Le sujet du « futur du travail » est vaste et
complexe, un billet de quelques pages ne peut faire qu’effleurer le sujet,
j’aurai donc l’occasion d’y revenir. Pour conclure, je voudrais souligner
quatre idées qui résument cette première étape de ma réflexion :
- Nous allons voir se consolider un réseau d’entreprises multi-échelle avec plus de grandes entreprises internationales (concentration) et plus de petites (qui exploiteront mieux le potentiel de diversification et d’interaction) – L’entreprise 3.0 n’est pas soluble dans la technologie.
- L’entreprise 2030 est une entreprise en réseau ouvert – réseau d’équipes internes/ externes – qui exploitent les possibilités sans cesse croissante d’efficacité et de collaboration de la technologie mais qui s’appuie sur les principes de l’entreprise 3.0 (réseaux de petites équipes autonomes travaillant de façon synchrone autour d’une vision commune), parce que la complexité va continuer à augmenter.

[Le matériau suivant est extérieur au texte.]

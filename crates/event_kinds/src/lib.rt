//! The kinds of events: an ask over an ephemeris becomes an event, as a function and guards, or the first fault.
//!
//! In comes what is asked, with an ephemeris whose columns are looked at; out come formulas over the positions and the
//! velocities of two targets, of which the first is the ask's target. Nothing here evaluates them, or knows of times.
#![tactic(auto)]

mod asks;
mod faults;
mod guarded;
mod rows;
mod table;
mod vectors;

pub use asks::is_ask;
pub use faults::KindFault;
pub use guarded::{Event, Guard};
pub use spec_bodies::Frame;
pub use spec_events::Dir;
pub use spec_kinds::{Ask, EventFault, Kind};
pub use table::event;

/// The frame of an ask, which is that of the bodies.
pub type Frame2 = Frame;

- La décroissance rapide des emplois dans la production va conduire à une augmentation des services à la personne, en s’appuyant sur des plateformes technologiques. Le passage de l’un à l’autre est forcément un bouleversement culturel et sociétal, avec une période de transition dont la pénibilité sera proportionnelle à la rigidité des choix politiques des pays.